Answer
(a) ${\cal D} = \left\{ {\left( {x,y} \right)|0 \le x \le 1,0 \le y \le x} \right\}$
(b) ${\cal D} = \left\{ {\left( {x,y} \right)|0 \le x \le 1,0 \le y \le \sqrt {1 - {x^2}} } \right\}$
Work Step by Step
(a) We have $\mathop \smallint \limits_0^1 \mathop \smallint \limits_0^x \mathop \smallint \limits_0^{{x^2} + {y^2}} f\left( {x,y,z} \right){\rm{d}}z{\rm{d}}y{\rm{d}}x$.
From the order of the integral we obtain the domain ${\cal W}$:
$0 \le x \le 1$, ${\ \ \ }$ $0 \le y \le x$, ${\ \ \ }$ $0 \le z \le {x^2} + {y^2}$
Thus, the projection of ${\cal W}$ onto the $xy$-plane is described by
${\cal D} = \left\{ {\left( {x,y} \right)|0 \le x \le 1,0 \le y \le x} \right\}$
(b) We have $\mathop \smallint \limits_0^1 \mathop \smallint \limits_0^{\sqrt {1 - {x^2}} } \mathop \smallint \limits_2^4 f\left( {x,y,z} \right){\rm{d}}z{\rm{d}}y{\rm{d}}x$.

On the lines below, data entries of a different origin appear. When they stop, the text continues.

impl EndFinder {
    /// A search by a plan, before any text.
    pub fn new(alloc: Global, compiled: &Compiled) -> Result<EndFinder, AllocError>
        ensures { IfOk result (λ finder. finder ≡ compiled.now.literals) }
    {
        let factors = factors_of(alloc, compiled)?;
        let shift_or = ShiftOr::new(alloc, compiled.shared_index()?)?;
        let automaton = Automaton::new(alloc, compiled.shared_index()?)?;
        let sample = Sample::new(alloc)?;
        Ok(EndFinder {
            factors,
            shift_or,
            automaton,
            is_refused: false,
            sample: Some(sample),
            strategy: Strategy::new(),
        })
    }

    /// As `new`, or `None` if the plan has at most three literals. They are searched for by one to three bytes of each,
    /// whatever the text.
    pub fn new_unless_few(
        alloc: Global,
        compiled: &Compiled,
    ) -> Result<Option<EndFinder>, AllocError>
        ensures plan { IfOk result (λ finder. IfSome finder (λ literals. literals ≡ compiled.now.literals)) }
        ensures few { length compiled.now.literals.texts ≤ 3 → result ≡ Ok None }
        ensures many { 3 < length compiled.now.literals.texts → IfOk result (λ finder. IsTrue (is_some finder)) }
    {
        if !has_use(compiled.list().len()) {
            return Ok(None);
        }
        Ok(Some(EndFinder::new(alloc, compiled)?))
    }

    /// The engine in use.
    #[inline(always)]
    pub fn engine(&self) -> Engine {
        self.strategy.engine()
    }

    /// The first position of a search's text after `from` at which some literal ends, wherever it begins, or `None`. It
    /// takes no memory.
    pub fn next_end_in(&mut self, search: &mut TextSearch<'_>, from: usize) -> Option<usize>
        requires { self.old ≡ search.old.plan.literals }
        ensures same { self.new ≡ self.old }
        ensures search { search.new ≡ search.old }
        ensures next { FindsNext search.old.plan.literals search.old.text from result }
    {
        let text = search.text();
        if from >= text.len() {
            return None;
        }
        self.tune_if_due(search.compiled(), text, from, Wanted::Ends);
        self.next_by_engine(search, from)
    }

    /// As `next_end_in`, by the engine in use.
    fn next_by_engine(&mut self, search: &mut TextSearch<'_>, from: usize) -> Option<usize>
        requires plan { self.old ≡ search.old.plan.literals }
        requires inside { from < length search.old.text }
        ensures same { self.new ≡ self.old }
        ensures search { search.new ≡ search.old }
        ensures next { FindsNext search.old.plan.literals search.old.text from result }
    {
        let text = search.text();
        match (self.engine(), &self.factors) {
            (Engine::Factors, Some(factors)) => {
                let mut ends = FactorEnds::after(factors, text, from);
                let found = next_of(&mut ends);
                let (count, rate) = passed(text, from, found);
                let spent = factors.cost_of(count, ends.tally(), rate);
                self.strategy.note(count, spent, rate);
                found
            }
            (Engine::ShiftOr, _) => {
                let mut ends = ShiftOrEnds::after(&self.shift_or, text, from);
                let found = next_of(&mut ends);
                let (count, rate) = passed(text, from, found);
                let spent = self
                    .shift_or
                    .cost_of(count, ends.tally().false_positives, rate);
                self.strategy.note(count, spent, rate);
                found
            }
            (Engine::Automaton, _) => self.next_by_automaton(search, from),
            (Engine::Prefilter, _) | (Engine::Factors, None) => {
                let before = search.false_positives();
                let found = search.next_end_after(from);
                let (count, rate) = passed(text, from, found);
                let more = search.false_positives().saturating_sub(before);
                self.strategy.note(count, cost_by_prefilter(more, 0), rate);
                found
            }
        }
    }

    /// As `next_end_in`, by the automaton, or by the prefilter if the automaton is not made. It stands alone because its
    /// reading takes 8 KiB of the stack.
    #[inline(never)]
    fn next_by_automaton(&mut self, search: &mut TextSearch<'_>, from: usize) -> Option<usize>
        requires plan { self.old ≡ search.old.plan.literals }
        requires inside { from < length search.old.text }
        ensures same { self.new ≡ self.old }
        ensures search { search.new ≡ search.old }
        ensures next { FindsNext search.old.plan.literals search.old.text from result }
    {
        let text = search.text();
        let Some(mut ends) = AutomatonEnds::after(&self.automaton, text, from) else {
            return search.next_end_after(from);
        };
        let found = next_of(&mut ends);
        let (count, rate) = passed(text, from, found);
        let spent = self.cost_of_automaton(search.compiled(), count, rate);
        self.strategy.note(count, spent, rate);
        found
    }

    /// Adds hits by the automaton, as `add_hits` does, or by the prefilter if the automaton is not made. It stands
    /// alone because its readings take 8 KiB of the stack.
    #[inline(never)]
    fn add_by_automaton(
        &mut self,
        compiled: &Compiled,
        text: &[u8],
        from: usize,
        at: u64,
        most: usize,
        out: &mut Vec<Hit>,
    ) -> Result<usize, AllocError>
        requires plan { self.old ≡ compiled.now.literals }
        requires inside { from ≤ length text.now }
        requires room { at + (length text.now - from) < 2 ^ 64 }
        ensures same { self.new ≡ self.old }
        ensures hits { AddsHits compiled.now.literals text.now from at most out.old.items out.new.items result }
    {
        let Some(mut ends) = AutomatonEnds::after(&self.automaton, text, from) else {
            return PrefilterSearch.add_hits(compiled, text, from, at, most, out);
        };
        let stop = add_hits_of(&mut ends, text, from, at, most, out)?;
        let found = scanned(text, stop, ends.ends());
        let spent = self.cost_of_automaton(compiled, stop - from, found);
        self.strategy.note(stop - from, spent, found);
        Ok(stop)
    }

    /// Tunes itself to the text after `from`, if the rest is expected to gain by that.
    fn tune_if_sure(&mut self, compiled: &Compiled, text: &[u8], from: usize)
        requires { from ≤ length text.now }
        ensures { self.new ≡ self.old }
    {
        if self.strategy.tunes_before(text.len() - from) {
            self.tune(compiled, text, from, Wanted::Hits);
        }
    }

    /// Tunes itself to the text after `from`, if it is due and the text is long enough for a sample. A shorter text is
    /// gathered.
    #[inline(always)]
    fn tune_if_due(&mut self, compiled: &Compiled, text: &[u8], from: usize, wanted: Wanted)
        requires { from ≤ length text.now }
        ensures { self.new ≡ self.old }
    {
        match self.strategy.step(text.len() - from) {
            Step::GoOn => (),
            Step::Gather => self.gather(compiled, text, from, wanted),
            Step::Tune => self.tune(compiled, text, from, wanted),
        }
    }

    /// Gathers the bytes of a piece after `from`, unless they are too short, and tunes itself once the sample is full. A
    /// text in which one end after the other is searched for is gathered at its start alone.
    #[inline(never)]
    fn gather(&mut self, compiled: &Compiled, text: &[u8], from: usize, wanted: Wanted)
        requires { from ≤ length text.now }
        ensures { self.new ≡ self.old }
    {
        let (_, rest) = text.split_at(from);
        let is_gathered = match wanted {
            Wanted::Hits => false,
            Wanted::Ends => from > 0,
        };
        if is_gathered || rest.len() < least_gathered(compiled.index().len()) {
            return;
        }
        let Some(mut sample) = self.sample.take() else {
            return;
        };
        if sample.add(rest) {
            self.tune(compiled, sample.text(), 0, wanted);
            sample.clear();
        }
        self.sample = Some(sample);
    }

    /// Tunes itself to a sample of the text after `from`, and forgets the bytes gathered before. While the automaton is
    /// best but not paid for, the next best engine is used.
    #[inline(never)]
    fn tune(&mut self, compiled: &Compiled, text: &[u8], from: usize, wanted: Wanted)
        requires { from ≤ length text.now }
        ensures { self.new ≡ self.old }
    {
        let (_, after) = text.split_at(from);
        let most = sample_len(compiled.index().len());
        let (sample, _) = after.split_at(after.len().min(most));
        let rate = self.strategy.rate();
        let dense = cost_of_dense_ends(rate);
        let by_factors = self.tune_factors(sample, rate).saturating_add(dense);
        let automaton_estimate = self.estimate_automaton(compiled, rate);
        let price = self.price_of_automaton(wanted);
        let is_paid = self.strategy.has_lost(price);
        let is_built_first = self.build_automaton_if(
            is_paid && wants_automaton_first(automaton_estimate, by_factors),
        );
        let by_shift_or = if !is_built_first && wants_shift_or(by_factors) {
            self.shift_or.tune(sample, rate).saturating_add(dense)
        } else {
            usize::MAX
        };
        let is_best = wants_automaton(automaton_estimate, by_factors, by_shift_or);
        let by_automaton = if self.build_automaton_if(is_paid && is_best) {
            automaton_estimate
        } else {
            usize::MAX
        };
        self.strategy.choose(Estimates {
            factors: by_factors,
            shift_or: by_shift_or,
            automaton: by_automaton,
        });
        if is_best && !is_paid {
            self.strategy.wait_for(automaton_estimate, price);
        } else {
            self.strategy.stop_waiting();
        }
        if let Some(sample) = &mut self.sample {
            sample.clear();
        }
    }

    /// Chooses factors by a sample. Returns the estimate of a search by them; `usize::MAX` if there are none.
    fn tune_factors(&mut self, sample: &[u8], rate: EndRate) -> usize
        ensures { self.new ≡ self.old }
    {
        match &mut self.factors {
            Some(factors) => factors.tune(sample, rate),
            None => usize::MAX,
        }
    }

    /// The estimate of a search by the automaton; `usize::MAX` if its tables were refused.
    fn estimate_automaton(&self, compiled: &Compiled, rate: EndRate) -> usize {
        if self.is_refused {
            return usize::MAX;
        }
        self.cost_of_automaton(compiled, 1024, rate)
    }

    /// Builds the tables of the automaton if it is wanted. Returns whether they are built.
    fn build_automaton_if(&mut self, is_wanted: bool) -> bool
        ensures { self.new ≡ self.old }
    {
        if !is_wanted {
            return false;
        }
        let is_built = self.automaton.build();
        self.is_refused = !is_built;
        is_built
    }

    /// What has to be lost before the automaton is built: nothing in a scan, or where it is in use. A search for single
    /// ends may be short, so it first loses what building takes.
    fn price_of_automaton(&self, wanted: Wanted) -> usize {
        match (wanted, self.engine()) {
            (Wanted::Hits, _) | (Wanted::Ends, Engine::Automaton) => 0,
            (Wanted::Ends, _) => self.automaton.room().saturating_mul(STATE_PRICE),
        }
    }

    /// The cost of a search by the automaton that found this much in `count` bytes.
    fn cost_of_automaton(&self, compiled: &Compiled, count: usize, found: EndRate) -> usize {
        cost_by_automaton(self.automaton.room(), compiled.carry(), count, found)
    }
}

From the order of the integral we obtain the domain ${\cal W}$:
$0 \le x \le 1$, ${\ \ \ }$ $0 \le y \le \sqrt {1 - {x^2}} $, ${\ \ \ }$ $2 \le z \le 4$
Thus, the projection of ${\cal W}$ onto the $xy$-plane is described by
${\cal D} = \left\{ {\left( {x,y} \right)|0 \le x \le 1,0 \le y \le \sqrt {1 - {x^2}} } \right\}$